Forum Discussion

scaissie_82066's avatar
scaissie_82066
Icon for Nimbostratus rankNimbostratus
Jun 05, 2007

LB::reselect doesn't select another node

I have an iRule that sets persistence based on a usrid string in the TCP payload. That works, but when the node goes down, I can't get the same usrid's to move to another server. They remain stuck to the node that's down. I've tried many ideas that I've seen posted, but none of them work.

 

 

when CLIENT_ACCEPTED {

 

TCP::collect 34

 

}

 

 

when CLIENT_DATA {

 

set usrid [string range [TCP::payload] 23 33]

 

if {[regexp {\d{10}} $usrid]} {

 

persist uie $usrid

 

log local0. "Persisting $usrid"

 

}

 

}

 

 

when LB_FAILED {

 

set p [LB::server pool]

 

set n [LB::server addr]

 

log local0. "Set node down: $n"

 

LB::down node $n

 

log local0. "Deleting $usrid from Pool $p"

 

persist delete uie $usrid

 

LB::detach

 

LB::reselect pool $p

 

set x [LB::server addr]

 

log local0. "After reselect node is $x"

 

}

 

 

Here's the ltm log file:

 

Jun 5 10:48:19 tmm tmm[13956]: Rule phoneIDoffset : Persisting 0000000001

 

Jun 5 10:48:30 tmm tmm[13956]: Rule phoneIDoffset : Persisting 0000000001

 

Jun 5 10:48:30 tmm tmm[13956]: Rule phoneIDoffset : Set node down: 10.3.0.254

 

Jun 5 10:48:30 tmm tmm[13956]: Rule phoneIDoffset : Deleting 0000000001 from Pool pool.asr

 

Jun 5 10:48:30 tmm tmm[13956]: Rule phoneIDoffset : After reselect node is

 

Jun 5 10:48:30 tmm tmm[13956]: Rule phoneIDoffset : Persisting 0000000001

 

Jun 5 10:48:30 tmm tmm[13956]: Rule phoneIDoffset : Set node down: 10.3.0.254

 

Jun 5 10:48:30 tmm tmm[13956]: Rule phoneIDoffset : Deleting 0000000001 from Pool pool.asr

 

Jun 5 10:48:30 tmm tmm[13956]: Rule phoneIDoffset : After reselect node is

 

Jun 5 10:48:30 tmm tmm[13956]: Rule phoneIDoffset : Persisting 0000000001

 

 

It just loops forever.

 

  • I found a bug in my code.

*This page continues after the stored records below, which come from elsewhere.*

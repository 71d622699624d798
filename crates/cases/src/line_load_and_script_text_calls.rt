//! Calls of a text that need not be a policy.

use crate::answer_output::{push_debug_format, push_display_format};
use crate::case_frames::{CaseCall, split_first_call};
use crate::loading_calls::{self, LoadedPolicyTopic, report_topic_of_strictness_bytes};
use crate::{command_calls, conversion_calls, gathering_calls};
use std::alloc::{AllocError, Global};
use sudoers_edit::{Edit, Edits, MAX_EDITS, ScriptFault, Text, read_script, write_script};
use sudoers_tree::{ALIAS_LIMIT, Kind, lead_of_include_node, leads, read_line};

/// Adds the answer to a call of `text`; `unknown` if this is not known.
pub fn push_answer_of_any_text_call(
    alloc: Global,
    text: &[u8],
    call: CaseCall<'_>,
    answers: &mut String,
) -> Result<(), AllocError> {
    match call.asked {
        // What the text says as one line.
        b'l' => push_debug_format(&read_line(alloc, text)?, answers),
        // The name of a file: where the text leads as a line of that file.
        b'i' => push_include_lead(alloc, call.body, text, answers),
        // The walk over the files that the text is, a name and a text each.
        b'f' => loading_calls::push_loaded_files_answer(
            alloc,
            text,
            LoadedPolicyTopic::Walk,
            answers,
        ),
        // Those files themselves.
        b'n' => loading_calls::push_loaded_files_answer(
            alloc,
            text,
            LoadedPolicyTopic::Files,
            answers,
        ),
        // `s` for a strict report: that on those files.
        b'p' => loading_calls::push_loaded_files_answer(
            alloc,
            text,
            report_topic_of_strictness_bytes(call.body),
            answers,
        ),
        // Which call fails, and the name of the root: what is gathered of the files that the text is.
        b'g' => gathering_calls::push_gathered_from_memory(alloc, call.body, text, answers),
        // Which call fails, and a command: what that answers over the files that the text is.
        b'c' => command_calls::push_command_outcome(alloc, call.body, text, answers),
        // A script: the text of the first of those files after its edits.
        b't' => conversion_calls::push_edited_text_or_fault(alloc, text, call.body, answers),
        // The bundle of the files of the bundle that the text is.
        b'b' => conversion_calls::push_bundle_of_read_files(alloc, text, answers),
        // The values of the filter that the text is.
        b'v' => conversion_calls::push_filter_values(alloc, text, answers),
        // How many edits the text spells as a script.
        b'r' => push_edit_count_of_script_text(alloc, text, answers),
        // Further edits: the script of the text's edits and of those.
        b'w' => push_script_with_further_edits(alloc, text, call.body, answers),
        // The most edits of a script, and the most aliases of a kind.
        b'm' => write!(answers, "{MAX_EDITS} {ALIAS_LIMIT}"),
        _ => answers.push_str("unknown"),
    }
}

/// Adds where `line` leads in the file `name`, and where what it says leads; `unread` if it says nothing.
fn push_include_lead(
    alloc: Global,
    name: &[u8],
    line: &[u8],
    answers: &mut String,
) -> Result<(), AllocError> {
    push_debug_format(&leads(alloc, name, line)?, answers)?;
    answers.push('\t')?;
    match read_line(alloc, line)? {
        Some(reading) => push_debug_format(
            &lead_of_include_node(alloc, name, &reading.node())?,
            answers,
        ),
        None => answers.push_str("unread"),
    }
}

/// Adds how many edits `text` spells, or why it spells none.
fn push_edit_count_of_script_text(
    alloc: Global,
    text: &[u8],
    answers: &mut String,
) -> Result<(), AllocError> {
    match read_script(alloc, text) {
        Ok(edits) => push_display_format(&edits.len(), answers),
        Err(fault) => push_display_format(&fault, answers),
    }
}

/// Adds the script of the edits that `text` spells and of `further` ones.
fn push_script_with_further_edits(
    alloc: Global,
    text: &[u8],
    further: &[u8],
    answers: &mut String,
) -> Result<(), AllocError> {
    match read_script_and_more_edits(alloc, text, further) {
        Ok(edits) => push_script_of_edits(alloc, edits.as_slice(), answers),
        Err(fault) => push_display_format(&fault, answers),
    }
}

/// Returns copies of the edits that `text` spells, and `further` edits.
fn read_script_and_more_edits(
    alloc: Global,
    text: &[u8],
    further: &[u8],
) -> Result<Edits, ScriptFault> {
    let mut edits = Edits::new(alloc);
    append_script_edit_copies(alloc, &mut edits, text)?;
    let mut left = further;
    for _ in 0..further.len() {
        let Some((more, rest)) = split_first_call(left) else {
            break;
        };
        append_edits_of_call(alloc, &mut edits, more)?;
        left = rest;
    }
    Ok(edits)
}

/// Appends the edits of one call to `edits`.
fn append_edits_of_call(
    alloc: Global,
    edits: &mut Edits,
    more: CaseCall<'_>,
) -> Result<(), ScriptFault> {
    match more.asked {
        // Those that a script spells.
        b's' => append_script_edit_copies(alloc, edits, more.body)?,
        // One that drops the first member of an alias of users with this name.
        b'd' => edits.push(make_edit_dropping_first_member_of_user_alias(alloc, more.body)?)?,
        // One that prunes, in place of the others.
        _ => *edits = Edits::list_of_one_item(alloc, Edit::Prune)?,
    }
    Ok(())
}

/// Appends copies of the edits that `script` spells to `edits`.
fn append_script_edit_copies(
    alloc: Global,
    edits: &mut Edits,
    script: &[u8],
) -> Result<(), ScriptFault> {
    for edit in read_script(alloc, script)?.as_slice() {
        edits.push(edit.copy_edit(alloc)?)?;
    }
    Ok(())
}

/// Returns the edit that drops the first member of the alias of users `name`. It makes the name of two pieces.
fn make_edit_dropping_first_member_of_user_alias(
    alloc: Global,
    name: &[u8],
) -> Result<Edit, AllocError> {
    let (front, back) = name.split_at(name.len() / 2);
    let mut name = Text::from_slice(alloc, front)?;
    name.extend_from_slice(back)?;
    Ok(Edit::DropMember {
        kind: Kind::User,
        name,
        at: 0,
    })
}

/// Adds the script of `edits`, or why they have none.
pub fn push_script_of_edits(
    alloc: Global,
    edits: &[Edit],
    answers: &mut String,
) -> Result<(), AllocError> {
    match write_script(alloc, edits) {
        Ok(script) => push_debug_format(&script, answers),
        Err(fault) => push_display_format(&fault, answers),
    }
}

The offset in the "string range" should be 24 instead of 23. It was putting an extra space at the beginning of $usrid. I'm guessing that the "persist delete uie $usrid" was removing the space, meaning that it was deleting an entry that didn't exist.

     

  • I also had a problem with LB::reselect selecting always the same node, but in different circumstances. My iRule uses "hand-made" persistence, i.e. it extracts the server address from the packet contents and selects it using the node command. The simplified iRule is below (the actual one is too complex to put here):

     

    
    when HTTP_REQUEST {
      HTTP::collect [HTTP::header "Content-Length"]
    }
    when HTTP_REQUEST_DATA {
       Assume that payload contains host:port
      set host [substr [HTTP::payload] 0 ":"]
      set port [findstr [HTTP::payload] ":" 1]
      
      Route there only if node status is "up"
      set status [LB::status pool $::pool member $host $port]
      log local0.debug "Status: $status"
      if { $status eq "up" } {
        node $host $port
      }
    }
    when LB_FAILED {
      If the selected server doesn't work, route it to any server
      LB::reselect
    }

     

     

    This didn't work correctly - LB::reselect always selected the same node as previously selected by "node" command. Adding LB::detach before reselect didn't change anything. However, it turned out that using LB::reselect with pool name works (even without detach)! So, the code for LB_FAILED event now looks as follows:

     

     

    
    when LB_FAILED {
      If the selected server doesn't work, route it to any server
      LB::reselect pool mypool
    }

     

    It seems that when I was using LB::reselect without argument, the node command was still in force.